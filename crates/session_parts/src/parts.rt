// What a begin and a return change of a session, beside its open calls and counts.
ghost use Rattle.std.specs.Prelude.{◌≡◌, ◌≤◌, [], false, map, vec_capacity, IfOk, IsOk, OnOk};
ghost use Rattle.command_tables.specs.Calls.{call_content};
ghost use Rattle.replay_model.specs.Past.{Opened, is_skipped};
ghost use Rattle.session_model.specs.Living.{ArePast};
ghost use Rattle.session_tables.specs.Lined.{AreLined};
ghost use Rattle.session_tables.specs.Shown.{args_shown};
ghost use Rattle.dispatch_chain.specs.Seats.{kinds_of};
ghost use Rattle.layer_model.specs.Ids.{no_ids};
ghost use Rattle.trace_format.specs.Content.{content};
ghost use Rattle.session_parts.specs.Entering.{CanEnter, CanEnterAt, Enters, EntersAt};
ghost use Rattle.model_driver.specs.Driver.{reply_shown};
ghost use Rattle.session_parts.specs.Judging.{ComesDown, FitsCall};
ghost use Rattle.session_parts.specs.Leaving.{CanLeave, CanLeaveAt, Leaves, LeavesAt};
ghost use Rattle.session_parts.specs.Names.{TakesRoom, no_names};
ghost use Rattle.session_parts.specs.Opening.{begin_content, opened_read};
ghost use Rattle.session_parts.specs.Room.{HasRoomToComeDown, HasRoomToEnter, HasRoomToEnterAt, HasRoomToLeave, HasRoomToLeaveAt, LosesNoRoom, TakesResultsAt, TakesResultsWith};
ghost use Rattle.session_parts.specs.Parts.{KeepAlike};

use crate::judging::look;
use crate::leaving::leave_sent;
use crate::name_table::NameTable;
use crate::names::put_first;
use crate::opening::Beginning;
use crate::raising::raise_lost;
use command_tables::{CommandId, LayerCall, NoMemory, row};
use dispatch_chain::{DispatchTable, Held, LayerStates, Terminator};
use lifetime_layer::Verdict;
use model_driver::DriverReply;
use object_model::Argument;
use std::alloc::Global;
use trace_format::Event;

/// What the parts of the chain keep, what its end keeps, and the names with their objects.
pub struct SessionParts {
    pub states: LayerStates,
    pub terminator: Terminator,
    pub names: NameTable,
}

impl Drop for SessionParts {
    fn drop(self) {
        let SessionParts {
            states: _states,
            terminator: _terminator,
            names: _names,
        } = self;
    }
}

// What a call ends, unless it is skipped.
#[tactic(auto, using(crate::proofs::Ended::ends_so, crate::proofs::Ended::stays_so))]
fn end_some(names: &mut NameTable, cmd: CommandId, args: &[Vec<Argument>], skipped: bool)
    requires { AreLined names.old.kept.births }
    ensures past { (o : Opened) → o.cmd ≡ cmd → o.args ≡ args_shown args.now → is_skipped o ≡ skipped → ArePast names.old.kept.births o names.new.kept.births }
    ensures rest { names.new.kept ≡ record names.old.kept { births = names.new.kept.births } }
    ensures room { TakesRoom 0 0 names.old.room names.new.room }
{
    if !skipped {
        let effect = row(cmd).effect;
        names.end_some(args, effect);
    }
}

impl SessionParts {
    /// There is no chain, and nothing is kept yet, above so many drivers. Takes no memory.
    pub fn new(alloc: Global, drivers: u32) -> SessionParts
        ensures states { result.states.kept ≡ [] }
        ensures ids { result.terminator.ids ≡ no_ids }
        ensures routes { result.terminator.routes ≡ [] }
        ensures drivers { result.terminator.drivers ≡ drivers }
        ensures names { result.names.kept ≡ no_names }
    {
        SessionParts {
            states: LayerStates::none(alloc),
            terminator: Terminator::new(alloc, drivers),
            names: NameTable::new(alloc),
        }
    }

    /// Parts of their own that keep the same. Of room nothing is said.
    pub fn copy(&self) -> Result<SessionParts, NoMemory>
        ensures alike { IfOk result (λ copy. KeepAlike copy self.now) }
        ensures kinds { IfOk result (λ copy. kinds_of copy.states.kept ≡ kinds_of self.now.states.kept) }
    {
        Ok(SessionParts {
            states: self.states.copy()?,
            terminator: self.terminator.copy()?,
            names: self.names.copy()?,
        })
    }

    /// A call whose chain isn't refused comes down, with what its arguments stand for: the loader or the parts find what they find, which skips it
    /// or not, and what it ends ends where it isn't skipped. `room` is any memory for the handles of one parameter. After `NoMemory` all is
    /// for dropping.
    pub fn come_down(
        &mut self,
        table: &DispatchTable,
        number: u64,
        begin: Beginning,
        args: &[Vec<Argument>],
        room: &mut Vec<u64>,
        form: &mut LayerCall,
        held: &mut Held,
        verdict: &mut Verdict,
    ) -> Result<(), NoMemory>
        requires table { table.now.rows ≡ kinds_of self.old.states.kept }
        requires fits { FitsCall (opened_read number (begin_content begin) (args_shown args.now)) }
        requires lined { AreLined self.old.names.kept.births }
        requires goes { verdict.old.skip ≡ false }
        requires empty { verdict.old.findings.items ≡ [] }
        requires unheld { held.old.forms ≡ [] }
        ensures down { OnOk result (ComesDown self.old (opened_read number (begin_content begin.entry) (args_shown args.now)) (call_content form.new) held.new verdict.new self.new) }
        ensures handles_room { vec_capacity room.old ≤ vec_capacity room.new }
        ensures room { OnOk result (LosesNoRoom self.old form.old held.old verdict.old self.new form.new held.new verdict.new) }
        ensures succeeds { HasRoomToComeDown self.old (opened_read number (begin_content begin.entry) (args_shown args.now)) (vec_capacity room.old) form.old held.old (vec_capacity verdict.old.findings) → IsOk result }
        ensures kinds { kinds_of self.new.states.kept ≡ kinds_of self.old.states.kept }
    {
        look(
            table,
            &mut self.states,
            self.names.objects(),
            self.names.handed(),
            number,
            begin,
            args,
            room,
            form,
            held,
            verdict,
        )?;
        end_some(&mut self.names, begin.cmd, args, verdict.skip);
        Ok(())
    }

    // The begin of a call enters, by what it says.
    fn enter_with(
        &mut self,
        table: &DispatchTable,
        number: u64,
        begin: Beginning,
        call: &mut LayerCall,
        held: &mut Held,
        verdict: &mut Verdict,
    ) -> Result<(), NoMemory>
        requires table { table.now.rows ≡ kinds_of self.old.states.kept }
        requires can { CanEnter self.old number (begin_content begin) }
        requires goes { verdict.old.skip ≡ false }
        requires empty { verdict.old.findings.items ≡ [] }
        requires unheld { held.old.forms ≡ [] }
        ensures ok { OnOk result (Enters self.old number (begin_content begin.entry) (call_content call.new) held.new verdict.new self.new) }
        ensures room { OnOk result (LosesNoRoom self.old call.old held.old verdict.old self.new call.new held.new verdict.new) }
        ensures succeeds { HasRoomToEnter self.old number (begin_content begin.entry) call.old held.old (vec_capacity verdict.old.findings) → IsOk result }
        ensures kinds { kinds_of self.new.states.kept ≡ kinds_of self.old.states.kept }
    {
        let mut scratch = self.names.take_scratch();
        put_first(self.names.named(), begin.args, &mut scratch.args)?;
        self.come_down(
            table,
            number,
            begin,
            &scratch.args[..begin.args.len()],
            &mut scratch.handles,
            call,
            held,
            verdict,
        )?;
        self.names.keep_scratch(scratch);
        Ok(())
    }

    /// The begin of a call enters, which isn't that of a `vkCreateInstance` whose chain is refused. In `verdict` stands what the loader or the
    /// parts of the chain in force, whose rows `table` has, find at it, and whether it is skipped for that. Where it isn't skipped, `call` is
    /// then the call below the last part, of which the terminator makes what the drivers are told. `held` holds it for its return. Takes no
    /// memory, and so doesn't answer `NoMemory`, where there is room for the call, and loses no room. After `NoMemory` all is for dropping.
    pub fn enter(
        &mut self,
        table: &DispatchTable,
        number: u64,
        event: &Event,
        call: &mut LayerCall,
        held: &mut Held,
        verdict: &mut Verdict,
    ) -> Result<(), NoMemory>
        requires table { table.now.rows ≡ kinds_of self.old.states.kept }
        requires can { CanEnterAt self.old number (content event.now) }
        ensures ok { OnOk result (EntersAt self.old number (content event.now) (call_content call.new) held.new verdict.new self.new) }
        ensures room { OnOk result (LosesNoRoom self.old call.old held.old verdict.old self.new call.new held.new verdict.new) }
        ensures succeeds { HasRoomToEnterAt self.old number (content event.now) call.old held.old (vec_capacity verdict.old.findings) → IsOk result }
        ensures kinds { kinds_of self.new.states.kept ≡ kinds_of self.old.states.kept }
    {
        match event {
            Event::Return { .. } => Ok(()),
            Event::Begin {
                thread,
                cmd,
                args,
                results,
                code,
                payload,
            } => {
                let begin = Beginning {
                    thread: *thread,
                    cmd: *cmd,
                    args,
                    results,
                    code: *code,
                    payload,
                };
                held.clear();
                verdict.findings.clear();
                verdict.skip = false;
                self.enter_with(table, number, begin, call, held, verdict)
            }
        }
    }

    // The call of a begin leaves, by what it says.
    #[tactic(auto, using(crate::proofs::Departing::can_guarded, crate::proofs::Departing::leaves_skipped))]
    fn leave_with(
        &mut self,
        table: &DispatchTable,
        begin: Beginning,
        call: &LayerCall,
        held: &Held,
        skipped: bool,
        replies: &[DriverReply],
        results: &mut Vec<u64>,
    ) -> Result<u32, NoMemory>
        requires table { table.now.rows ≡ kinds_of self.old.states.kept }
        requires can { CanLeave self.old (begin_content begin) (call_content call.now) held.now skipped (map reply_shown replies.now) }
        ensures ok { IfOk result (Leaves self.old (begin_content begin.entry) (call_content call.now) held.now skipped (map reply_shown replies.now) self.new) }
        ensures takes { OnOk result (TakesResultsWith self.old (begin_content begin.entry) (call_content call.now) skipped self.new) }
        ensures succeeds { HasRoomToLeave self.old (begin_content begin.entry) (call_content call.now) skipped (vec_capacity results.old) → IsOk result }
        ensures room { vec_capacity results.old ≤ vec_capacity results.new }
        ensures kinds { kinds_of self.new.states.kept ≡ kinds_of self.old.states.kept }
    {
        if skipped {
            raise_lost(
                table,
                &mut self.states,
                begin.thread,
                held,
                begin.results,
                results,
            )?;
            Ok(0)
        } else {
            let born = leave_sent(table, self, begin, call, held, replies, results)?;
            let count = u32::try_from(born).ok().ok_or(NoMemory)?;
            Ok(count)
        }
    }

    /// The call of a begin leaves, which isn't that of a `vkCreateInstance` that makes the instance. `call`, `held` and `verdict` are what
    /// `enter` left of it, and `replies` are its drivers', one for each call that they were told, in that order; a skipped one has none. What
    /// is born of it is kept, and the answer is how many of its results are born. `results` is any memory for them. A count that would pass
    /// 32 bits is refused as want of memory. Takes no memory, and so doesn't answer `NoMemory`, where there is room for the results, and takes
    /// no more room than theirs. After `NoMemory` all is for dropping.
    pub fn leave(
        &mut self,
        table: &DispatchTable,
        event: &Event,
        call: &LayerCall,
        held: &Held,
        verdict: &Verdict,
        replies: &[DriverReply],
        results: &mut Vec<u64>,
    ) -> Result<u32, NoMemory>
        requires table { table.now.rows ≡ kinds_of self.old.states.kept }
        requires can { CanLeaveAt self.old (content event.now) (call_content call.now) held.now verdict.now.skip (map reply_shown replies.now) }
        ensures ok { IfOk result (LeavesAt self.old (content event.now) (call_content call.now) held.now verdict.now.skip (map reply_shown replies.now) self.new) }
        ensures takes { OnOk result (TakesResultsAt self.old (content event.now) (call_content call.now) verdict.now.skip self.new) }
        ensures succeeds { HasRoomToLeaveAt self.old (content event.now) (call_content call.now) verdict.now.skip (vec_capacity results.old) → IsOk result }
        ensures room { vec_capacity results.old ≤ vec_capacity results.new }
        ensures kinds { kinds_of self.new.states.kept ≡ kinds_of self.old.states.kept }
    {
        match event {
            Event::Return { .. } => Ok(0),
            Event::Begin {
                thread,
                cmd,
                args,
                results: names,
                code,
                payload,
            } => {
                let begin = Beginning {
                    thread: *thread,
                    cmd: *cmd,
                    args,
                    results: names,
                    code: *code,
                    payload,
                };
                self.leave_with(table, begin, call, held, verdict.skip, replies, results)
            }
        }
    }
}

EXERCISE REQUIREMENTS: Which of the lines above include the word "LeavesAt"? Copy each of them.

YOUR SOLUTION:
ghost use Rattle.session_parts.specs.Leaving.{CanLeave, CanLeaveAt, Leaves, LeavesAt};
        ensures ok { IfOk result (LeavesAt self.old (content event.now) (call_content call.now) held.now verdict.now.skip (map reply_shown replies.now) self.new) }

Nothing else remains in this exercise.